# Low prey drive, but still a guard dog?



## Knight (Sep 7, 2010)

I have a deposit down on a male GSD from a reputable breeder. I told the breeder I have 2 cats and a young child, and she stated a dog with low to medium prey drive would be best. One thing I forgot to ask her, was if the lower prey drive would affect their ability to guard us or the house? The puppy's parents are from German lines and have VA (stud) and V (dam)titles

It will mostly be a family dog, but part of the reason I chose a GSD was a guard dog as well

Thanks


----------



## Ace952 (Aug 5, 2010)

What type of GSD? East, west, ddr?

A good percentage depends on the lines fo the dog. Also to be a family protector you will need to put a dog through training for that. Just b/c a dog will bark and lunge at someone on a leash doesn't mean it will protect you.


----------



## Liesje (Mar 4, 2007)

Sounds like a German show line if there are VA dogs. 

Does the breeder produce dogs for guarding or have experience with that type of training?


----------



## Castlemaid (Jun 29, 2006)

The short answer is: Yes, a dog with can have lower/medium prey drive, and higher defense drive.


----------



## Knight (Sep 7, 2010)

The breeder is Haus Juris in Virginia. I think they are mostly show dogs as stated. Does anyone have any feedback on this breeder?


----------



## Ace952 (Aug 5, 2010)

I think you need to ask yourself what kind of protection are you looking for and are you willing to put in the amount of time and money for that training.

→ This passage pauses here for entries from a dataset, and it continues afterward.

/// What each node has, from the last node on: its own of these and, for each of its lines, count times what the child has.
fn plain_sums(nodes: &[PlainNode; COUNT], own: [u128; COUNT]) -> [u128; COUNT] {
    let mut sums = own;
    for at in 0..COUNT {
        let node = COUNT - 1 - at;
        for child in 0..COUNT {
            let count = u128::from(nodes[node].counts[child]);
            sums[node] = sums[node].saturating_add(sums[child].saturating_mul(count));
        }
    }
    sums
}

/// Of the children that have a mark, by how often each node has it, the one with the least label.
fn plain_next(node: &PlainNode, marks: &[u128; COUNT]) -> Option<NodeId> {
    (0..COUNT as NodeId)
        .filter(|child| {
            let place = *child as usize % COUNT;
            node.counts[place] > 0 && marks[place] > 0
        })
        .min_by_key(|child| rank(*child as usize))
}

/// The hop of a mark at a node, if the node has the mark.
fn plain_hop(nodes: &[PlainNode; COUNT], node: usize, mark: usize) -> Option<Hop> {
    let (node, mark) = (node % COUNT, mark % COUNT);
    let mut own = [0_u128; COUNT];
    own[mark] = u128::from(nodes[mark].is_marked);
    let marks = plain_sums(nodes, own);
    if marks[node] == 0 {
        return None;
    }
    let next = plain_next(&nodes[node], &marks);
    Some(Hop {
        mark: Mark {
            node: mark as NodeId,
            what: 1,
        },
        next: if own[node] > 0 { None } else { next },
    })
}

/// Whether the hops that are kept of a node are those that come out from scratch.
fn has_plain_hops(desk: &Desk, nodes: &[PlainNode; COUNT], node: usize) -> Result<bool, Fail> {
    let mut hops = values_of(desk, node)?.hops.as_slice().iter();
    for mark in 0..COUNT {
        if let Some(hop) = plain_hop(nodes, node, mark)
            && hops.next() != Some(&hop)
        {
            return Ok(false);
        }
    }
    Ok(hops.next().is_none())
}

/// Whether what is kept of each node comes out from scratch.
fn is_as_from_scratch(desk: &Desk, nodes: &[PlainNode; COUNT]) -> Result<bool, Fail> {
    let mut own_weights = [0_u128; COUNT];
    let mut own_loads = [0_u128; COUNT];
    for node in 0..COUNT {
        own_weights[node] = nodes[node].weight;
        own_loads[node] = u128::from(nodes[node].weight > 0);
    }
    let weights = plain_sums(nodes, own_weights);
    let loads = plain_sums(nodes, own_loads);
    for node in 0..COUNT {
        let values = values_of(desk, node)?;
        let load = Load {
            what: 7,
            amount: loads[node],
        };
        let has_load = match values.loads.as_slice() {
            [] => load.amount == 0,
            [only] => *only == load,
            _ => false,
        };
        if !has_load || values.weight != weights[node] || !has_plain_hops(desk, nodes, node)? {
            return Ok(false);
        }
    }
    Ok(true)
}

IMO...I personally wouldn't look to a showline for that.


----------



## Samba (Apr 23, 2001)

What do you want the dog to do? Alert bark or more than that?


----------



## Knight (Sep 7, 2010)

Alert bark is all I am looking for.


----------



## Ace952 (Aug 5, 2010)

well you should be fine with that with a showline.


----------



## Castlemaid (Jun 29, 2006)

Knight said:


> Alert bark is all I am looking for.


Just about any GSD of any line will fill that niche. More important that you get a confident outgoing pup and socialize him/her well to make sure that they are comfortable with all kinds of people. Some dogs start to alert bark very young, others only when older.


----------



## Jax's Mom (Apr 2, 2010)

Knight said:


> Alert bark is all I am looking for.


Then any line will do. I have a showline and he barks a big bark, people are terrified of him, he likely won't attack, but serves his purpose 
Just thinking rationally, people are either afraid of GSDs or they're not. If someone REALLY wants into your house or at your family, realistically, they'll just shoot or poison your dog. Relying on a dog for protection is kind of naive in my opinion. Using them as backup for law enforcement makes sense, but not as "protection".


----------



## Knight (Sep 7, 2010)

Jax's Mom said:


> Then any line will do. I have a showline and he barks a big bark, people are terrified of him, he likely won't attack, but serves his purpose
> Just thinking rationally, people are either afraid of GSDs or they're not. If someone REALLY wants into your house or at your family, realistically, they'll just shoot or poison your dog. Relying on a dog for protection is kind of naive in my opinion. Using them as backup for law enforcement makes sense, but not as "protection".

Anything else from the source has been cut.